The plane equation can be expressed as:

a(3x-4y+5z- 10)+b(2x+2y-3z-4)= 0

(3a+2b)x-(4a-2b)y+(5a-3b)z-( 10a+4b)= 0

If the straight line is set to: x=2y=3z=t, then the points on the straight line can be expressed as x=t, y=t/2, z=t/3, and the straight line is parallel to the upper plane.
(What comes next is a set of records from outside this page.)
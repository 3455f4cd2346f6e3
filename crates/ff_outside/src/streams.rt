//! What a source and a sink are.
ghost use Rattle.std.specs.Prelude.{◌≡◌, ◌<◌, ◌≤◌, ℕ, List, ◌++◌, ◌-◌, ◌^◌, length, take};
ghost use Rattle.std.specs.Prelude.{Option, Some, IfSome, IfOk, OnErr};
ghost use Rattle.ff_outside.specs.Streams.{Rose, Gives};

use thiserror::Error;

/// A read failed. The source has counted it, unless its count stands at its last value.
#[derive(Clone, Copy, Debug, PartialEq, Eq, Error)]
#[error("the input can't be read")]
pub struct SourceFailed;

/// A write failed. The sink has counted it, unless its count stands at its last value.
#[derive(Clone, Copy, Debug, PartialEq, Eq, Error)]
#[error("the output can't be written")]
pub struct SinkFailed;

/// Where bytes come from.
pub trait Source {
    /// The bytes that are left, where it tells them.
    ghost left: { Self → Option (List ℕ) };

    /// How often it has failed. It never falls.
    ghost faults: { Self → ℕ };

    /// The count stands at its type's last value, and can't rise.
    ghost at_last: { Self → Type 0 } = { λ _. ⊥ };

    /// Puts the first of the bytes that are left at the front of the buffer, and answers how many.
    /// 0 is the end of the input. After a failure nothing has been taken, where the bytes are told.
    fn take(&mut self, buf: &mut [u8]) -> Result<usize, SourceFailed>
        requires { 0 < length buf.old }
        ensures within { IfOk result (λ n. n ≤ length buf.new) }
        ensures bytes { IfOk result (λ n. IfSome (left self.old) (λ old. Gives old (left self.new) buf.new n)) }
        ensures cause { OnErr result (Rose (faults self.old) (faults self.new) (at_last self.new)) }
        ensures kept { OnErr result (IfSome (left self.old) (λ old. left self.new ≡ Some old)) }
        ensures later { faults self.old ≤ faults self.new };

    /// A law: only a count that has come to the end of 64 bits may stand at its last value.
    ghost late: { (s : Self) → at_last s → 2 ^ 64 - 1 ≤ faults s };
}

/// Where bytes go.
pub trait Sink {
    /// The bytes that it holds, where it tells them.
    ghost held: { Self → Option (List ℕ) };

    /// How often it has failed. It never falls.
    ghost faults: { Self → ℕ };

    /// The count stands at its type's last value, and can't rise.
    ghost at_last: { Self → Type 0 } = { λ _. ⊥ };

    /// Appends the front of the piece, at least one byte of it, and answers how many.
    /// After a failure it holds what it held, where the bytes are told. To take nothing is a failure.
    fn put(&mut self, piece: &[u8]) -> Result<usize, SinkFailed>
        requires { 0 < length piece.now }
        ensures within { IfOk result (λ n. (0 < n) × (n ≤ length piece.now)) }
        ensures bytes { IfOk result (λ n. IfSome (held self.old) (λ old. held self.new ≡ Some (old ++ take n piece.now))) }
        ensures cause { OnErr result (Rose (faults self.old) (faults self.new) (at_last self.new)) }
        ensures kept { OnErr result (IfSome (held self.old) (λ old. held self.new ≡ Some old)) }
        ensures later { faults self.old ≤ faults self.new };

    /// A law: only a count that has come to the end of 64 bits may stand at its last value.
    ghost late: { (s : Self) → at_last s → 2 ^ 64 - 1 ≤ faults s };
}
If you substitute the coordinates of these points into the left side of the equation, you should get a constant that is not 0:

(3a+2b) t-(4a-2b) t/2+(5a-3b) t/3-(10a+4b) = (8a/3+2b) t-(10a+4b) = constant,

So 8a/3+2b=0.

8a+6b=0,b=-8a/6=-4a/3,

Recursion: constant =-10a-4 (-4a/3) = a (-10+16/3) =-14a/3.

A is not 0.

Substitute into the previous equation:

(3a-8a/3)x-(4a+8a/3)y+(5a+4a)z-( 10a- 16a/3)= 0

Eliminate one:

x/3-20y/3+9z- 14/3=0

Multiply by 3

x-20y+27z- 14=0

1 1: the distance from point to point on a straight line = √ [(t-2) 2+(t-4) 2+(t-3) 2] = √ (3t2-18t+29) = √ [3 (t)

√ [3 (t-3) 2+2] ≥√2, and the minimum√ 2 is the distance from a point to a straight line.